“Rock and roll is not pretty, but somebody’s gotta do it.” – Bobby Campo.
I only met him once, but that statement has been stuck in my head for more than 30 years. Bobby Campo was then (and for most of the past four decades) percussionist, horn player and violinist for LeRoux (or Louisiana’s LeRoux to use the name they went under for their first two albums. Like most rock musicians he is a hard working guy, but you’ve probably never heard his name before. He’s not a superstar; LeRoux haven’t had a hit since I saw them last all those years ago. I suspect that they all have other jobs these days and play the nostalgia circuit occasionally. The truth is though that even with the band’s success in the early eighties, sometimes another job was necessary.
Bobby’s statement to me about the prettiness of rock and roll was made when he heard I was from Ottawa. He mentioned that he had been here and he thought it was a lovely city. I knew that Leroux had never performed here, so I asked him if it had been a vacation visit.
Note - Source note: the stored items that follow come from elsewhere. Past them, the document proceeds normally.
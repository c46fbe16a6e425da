//! The words of the tree of a thread.
//! Allocates.
ghost use Rattle.std.specs.Prelude.{◌≡◌, ◌++◌, ◌∷◌, true, length, codes, decimal, IfOk, OnOk, option_copied};
ghost use Rattle.answer_lines.specs.Lines.{whole_line};
ghost use Rattle.arch_model.specs.Archives.{Archive, live};
ghost use Rattle.control_door.specs.Threads.{id_of, who_words, node_words, nodes_words, tree_words};
ghost use Rattle.shelf_trees.specs.Twigs.{thread_twigs};
ghost use Rattle.thread_tree.specs.Laid.{tree_lines};

use arch_base::{Bytes, NoMemory};
use arch_model::{Row, Shelf};
use itoa::Buffer;
use shelf_trees::twigs_of;
use std::alloc::Global;
use thread_tree::{Line, Who};

/// Returns the words of the tree of a number's thread: a line with the number of nodes, and then a line
/// for each node.
///
/// The words are made whole before any of them is written.
pub(crate) fn thread_words<S: Shelf>(
    alloc: Global,
    number: u32,
    shelf: &S,
) -> Result<Bytes, NoMemory>
    requires { S.ready shelf.now ≡ true }
    ensures { (a : Archive) → S.holds shelf.now a → IfOk result (λ words.
        words ≡ tree_words (live a.entries) (tree_lines (thread_twigs (live a.entries) number))) }
{
    let twigs = twigs_of(alloc, number, shelf)?;
    let lines = twigs.tree()?;
    let mut words = Bytes::new(alloc);
    push_count(lines.as_slice().len(), &mut words)?;
    push_nodes(lines.as_slice(), shelf, &mut words)?;
    Ok(words)
}

/// Appends the line with the number of nodes.
fn push_count(count: usize, into: &mut Bytes) -> Result<(), NoMemory>
    ensures { OnOk result (into.new ≡ into.old ++ whole_line (codes "thread " ++ decimal count)) }
{
    let mut buffer = Buffer::new();
    into.push_slice(b"thread ")?;
    into.push_slice(buffer.format(count).as_bytes())?;
    into.push_slice(b"\n")
}

/// Appends a line for each node.
fn push_nodes<S: Shelf>(lines: &[Line], shelf: &S, into: &mut Bytes) -> Result<(), NoMemory>
    requires { S.ready shelf.now ≡ true }
    ensures { (a : Archive) → S.holds shelf.now a
        → OnOk result (into.new ≡ into.old ++ nodes_words (live a.entries) lines.now) }
{
    for line in lines {
        push_node(line, shelf, into)?;
    }
    Ok(())
}

/// Appends the line of a node: its depth, its number or a dash, and its id.
fn push_node<S: Shelf>(line: &Line, shelf: &S, into: &mut Bytes) -> Result<(), NoMemory>
    requires { S.ready shelf.now ≡ true }
    ensures { (a : Archive) → S.holds shelf.now a
        → OnOk result (into.new ≡ into.old ++ node_words (live a.entries) line.now) }
{
    let mut buffer = Buffer::new();
    into.push_slice(buffer.format(line.depth).as_bytes())?;
    into.push_slice(b" ")?;
    push_who(&line.who, shelf, into)?;
    into.push_slice(b"\n")
}

/// Appends who a node is: a message by its number and its id, or a dash and the id of a ghost.
fn push_who<S: Shelf>(who: &Who, shelf: &S, into: &mut Bytes) -> Result<(), NoMemory>
    requires { S.ready shelf.now ≡ true }
    ensures { (a : Archive) → S.holds shelf.now a
        → OnOk result (into.new ≡ into.old ++ who_words (live a.entries) who.now) }
{
    match who {
        Who::Live(number) => push_live(*number, shelf.row(*number), into),
        Who::Ghost(id) => push_ghost(id.as_slice(), into),
    }
}

/// Appends the number of a message and the id in its row.
fn push_live(number: u32, row: Option<&Row>, into: &mut Bytes) -> Result<(), NoMemory>
    ensures { OnOk result (into.new
        ≡ into.old ++ (decimal number ++ 32 ∷ id_of (option_copied row.entry))) }
{
    let mut buffer = Buffer::new();
    into.push_slice(buffer.format(number).as_bytes())?;
    into.push_slice(b" ")?;
    match row {
        Some(row) => into.push_slice(row.id.as_slice()),
        // Each message of a tree has a row.
        None => Ok(()),
    }
}

/// Appends a dash and the id of a ghost.
fn push_ghost(id: &[u8], into: &mut Bytes) -> Result<(), NoMemory>
    ensures { OnOk result (into.new ≡ into.old ++ (codes "- " ++ id.now)) }
{
    into.push_slice(b"- ")?;
    into.push_slice(id)
}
Turns out that he had been there with another band: The Beach Boys.
Before you run through all the members of the beach Boys in your head trying to remember Bobby Campo, there is no point. I didn’t say he was a member of the Beach Boys. They did have other musicians that travelled with as backup (country singer Glen Campbell, for example, played bass for the Beach Boys for a while in the early sixties). Bobby wasn’t a backup band member though. He was the driver of the tour bus.
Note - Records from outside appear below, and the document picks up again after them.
/// Stops the second adoption of a case after 0, 1, 2 .. calls of the disk, up to the first run without
/// a stop.
fn stop_each(rt: &impl Abort, alloc: Global, case: &Case) -> Result<(), Fail> {
    let mut change = change_of(alloc, case)?;
    for passes in 0..ENOUGH {
        if stop_after(rt, alloc, case, passes, &mut change)? {
            assert!(rt; change.found_both() && passes > 0);
            return Ok(());
        }
    }
    Ok(assert!(rt; false, "no run without a stop"))
}

#[test]
fn a_stop_leaves_a_mirror_that_grows_whole(rt: HostRuntime) -> Result<(), Fail> {
    for case in &GROWING {
        stop_each(&rt, rt.alloc(), case)?;
    }
    Ok(())
}

#[test]
fn a_stop_leaves_a_mirror_that_loses_entries_whole(rt: HostRuntime) -> Result<(), Fail> {
    for case in &LOSING {
        stop_each(&rt, rt.alloc(), case)?;
    }
    Ok(())
}

#[test]
fn a_stop_leaves_a_mirror_that_replaces_an_entry_whole(rt: HostRuntime) -> Result<(), Fail> {
    for case in &REPLACING {
        stop_each(&rt, rt.alloc(), case)?;
    }
    Ok(())
}

/// Carries out both adoptions of a case over a disk of which a call fails, by its ordinal from 1.
/// Returns `None` if it failed before the second one.
fn fail(alloc: Global, case: &Case, ordinal: u64) -> Result<Option<Stopped>, NoMemory> {
    let mut disk = failing(alloc, &[ordinal])?;
    match mirrored(alloc, &mut disk, case) {
        Err(_refusal) => Ok(None),
        Ok(mut store) => {
            let start = disk.moments();
            let answer = follow_case(alloc, &mut disk, &mut store, case, true);
            Ok(Some(Stopped {
                disk,
                start,
                answer,
            }))
        }
    }
}

/// Lets a call of the disk fail in both adoptions of a case, and opens what is left if that was in the
/// second one. Returns whether none failed.
fn fail_at(
    rt: &impl Abort,
    alloc: Global,
    case: &Case,
    ordinal: u64,
    change: &mut Change,
) -> Result<bool, Fail> {
    match fail(alloc, case, ordinal)? {
        None => Ok(false),
        Some(stopped) => stopped.open_images(rt, alloc, change),
    }
}

/// Lets each call of the disk fail in turn, up to the first run in which none does.
fn fail_each(rt: &impl Abort, alloc: Global, case: &Case) -> Result<(), Fail> {
    let mut change = change_of(alloc, case)?;
    for ordinal in 1..ENOUGH {
        if fail_at(rt, alloc, case, ordinal, &mut change)? {
            assert!(rt; change.found_both() && ordinal > 1);
            return Ok(());
        }
    }
    Ok(assert!(rt; false, "no run without a fault"))
}

#[test]
fn a_fault_leaves_a_mirror_that_grows_whole(rt: HostRuntime) -> Result<(), Fail> {
    for case in &GROWING {
        fail_each(&rt, rt.alloc(), case)?;
    }
    Ok(())
}

#[test]
fn a_fault_leaves_a_mirror_that_loses_entries_whole(rt: HostRuntime) -> Result<(), Fail> {
    for case in &LOSING {
        fail_each(&rt, rt.alloc(), case)?;
    }
    Ok(())
}

#[test]
fn a_fault_leaves_a_mirror_that_replaces_an_entry_whole(rt: HostRuntime) -> Result<(), Fail> {
    for case in &REPLACING {
        fail_each(&rt, rt.alloc(), case)?;
    }
    Ok(())
}

/// Lets a new mirror adopt an archive without entries, with this next number. Returns whether it does
/// so and writes, or runs out of memory and writes nothing.
fn adopts_none(alloc: Global, next: u32, allowed: bool) -> Result<bool, StoreRefusal> {
    let mut disk = empty_disk(alloc);
    let mut store = made(alloc, &mut disk)?;
    let start = disk.moments();
    let adoption = Adoption::new(alloc, &store);
    let answer = adopt_to(alloc, &mut disk, &mut store, adoption, next);
    let wrote = disk.moments() > start;
    let named = store.next_number() == if allowed { next } else { 1 };
    if allowed {
        Ok(answer.is_ok() && wrote && named)
    } else {
        Ok(answer == Err(StoreRefusal::NoMemory) && !wrote && named)
    }
}

#[test]
fn a_next_number_far_above_the_entries_is_refused(rt: HostRuntime) -> Result<(), Fail> {
    for (next, allowed) in [
        (1, true),
        (5, true),
        (16_777_218, false),
        (2_147_483_648, false),
    ] {
        assert!(rt; adopts_none(rt.alloc(), next, allowed)?, "next {next}");
    }
    Ok(())
}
I was a little surprised to hear that. More than 30 years later such a story wouldn’t surprise me at all – I`ve spent a lot of time with musicians and have a better understanding of the lifestyle. Being a musician is not, for the most part, a glamourous life. There’s a lot of competition, and making a living from your music isn’t easy. It might even be more difficult now than it was back then when you needed record label support to be heard. I have heard stories of Nashville-based musicians bagging groceries at the local supermarket between tours. For a musician, driving the Beach Boys tour bus was probably more fun than that.
In the almost 40 years I have been involved in the music business in one way or another I have met a lot of musicians, from the superstars like U2 (who admittedly weren’t superstars when I first met them) to stars like Gordon Lightfoot to a whole lot of people you have never heard of. Some of them play 300 shows a year, just to try to make ends meet, just to live their dream.
So thank you to Bobby Campo and the thousands of other lesser-known musicians who show up every night to entertain, who keep the music alive. Rock and roll is not pretty, but somebody has to do it.